Speaker: Jaime Arguello (Language Technologies Institute, School of Computer Science, Carnegie Mellon University)
Time/Date: Thursday July 16th, 2009, 11:00 AM.
Place: Wean Hall 7220
Title: Sources of Evidence for Vertical Selection
Web search providers often include search services for domain-specific subcollections, called verticals, such as news, images, videos, job postings, company summaries, and artist profiles. We address the problem of vertical selection, predicting relevant verticals (if any) for queries issued to a search engine's main web search page. In contrast to prior collection selection tasks, vertical selection is associated with unique resources that can inform the classification decision. We focus on three sources of evidence: (1) the query string, from which features are derived independent of external resources, (2) logs of queries previously issued to the vertical directly by users, and (3) corpora representative of vertical content.

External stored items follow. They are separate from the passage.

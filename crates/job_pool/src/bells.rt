//! The bells by which workers are called: the first worker has one, and all others have another.

use crossbeam_channel::Sender;
use std::sync::Wait;

/// What a worker is called for.
#[derive(Clone, Copy)]
pub(crate) enum Call {
    /// A step that the first worker should take.
    Step,
    /// A view, or a step that anyone may take.
    Any,
}

/// The bells, with what is known of how busy workers are: so many steps and views are out, which
/// were sent and not answered yet.
#[derive(Drop)]
pub(crate) struct Bells {
    first: Sender<Call>,
    others: Sender<Call>,
    many_others: u32,
    steps_out: u32,
    views_out: u32,
    is_first_called: bool,
}

impl Bells {
    /// The bells of so many workers, at least one, none of which has a job.
    pub(crate) fn new(first: Sender<Call>, others: Sender<Call>, workers: u8) -> Bells {
        Bells {
            first,
            others,
            many_others: u32::from(workers).saturating_sub(1),
            steps_out: 0,
            views_out: 0,
            is_first_called: false,
        }
    }

    /// Calls for a step that was sent: the first worker alone where it has no job.
    pub(crate) fn call_for_step<R: Wait>(&mut self, rt: &R) {
        let call = if self.steps_out == 0 {
            Call::Step
        } else {
            Call::Any
        };
        // Where a bell takes no more calls, its workers look often enough for every job.
        let _ = self.first.try_send(rt, call);
        if self.steps_out > 0 || self.is_first_called {
            let _ = self.others.try_send(rt, call);
        }
        self.steps_out = self.steps_out.saturating_add(1);
    }

    /// Calls for a view that was sent: the others, and the first worker where each of them may have
    /// a job.
    pub(crate) fn call_for_view<R: Wait>(&mut self, rt: &R) {
        let _ = self.others.try_send(rt, Call::Any);
        if self.steps_out.saturating_add(self.views_out) >= self.many_others {
            let _ = self.first.try_send(rt, Call::Any);
            self.is_first_called = true;
        }
        self.views_out = self.views_out.saturating_add(1);
    }

    /// Notes that a step was answered.
    pub(crate) fn note_step(&mut self) {
        self.steps_out = self.steps_out.saturating_sub(1);
    }

    /// Notes that a view was answered.
    pub(crate) fn note_view(&mut self) {
        self.views_out = self.views_out.saturating_sub(1);
        if self.views_out == 0 {
            self.is_first_called = false;
        }
    }
}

These sources of evidence are integrated as features in a classification-based approach. We make use of and compare against prior work in federated search and retrieval effectiveness prediction. Our evaluation focuses on 18 different verticals, which differ in terms of semantics, media type, size, and level of query traffic. An in-depth error analysis reveals unique challenges across different verticals and provides insight into vertical selection for future work.
Based on work conducted at Yahoo! Labs Montreal to be presented at SIGIR 2009.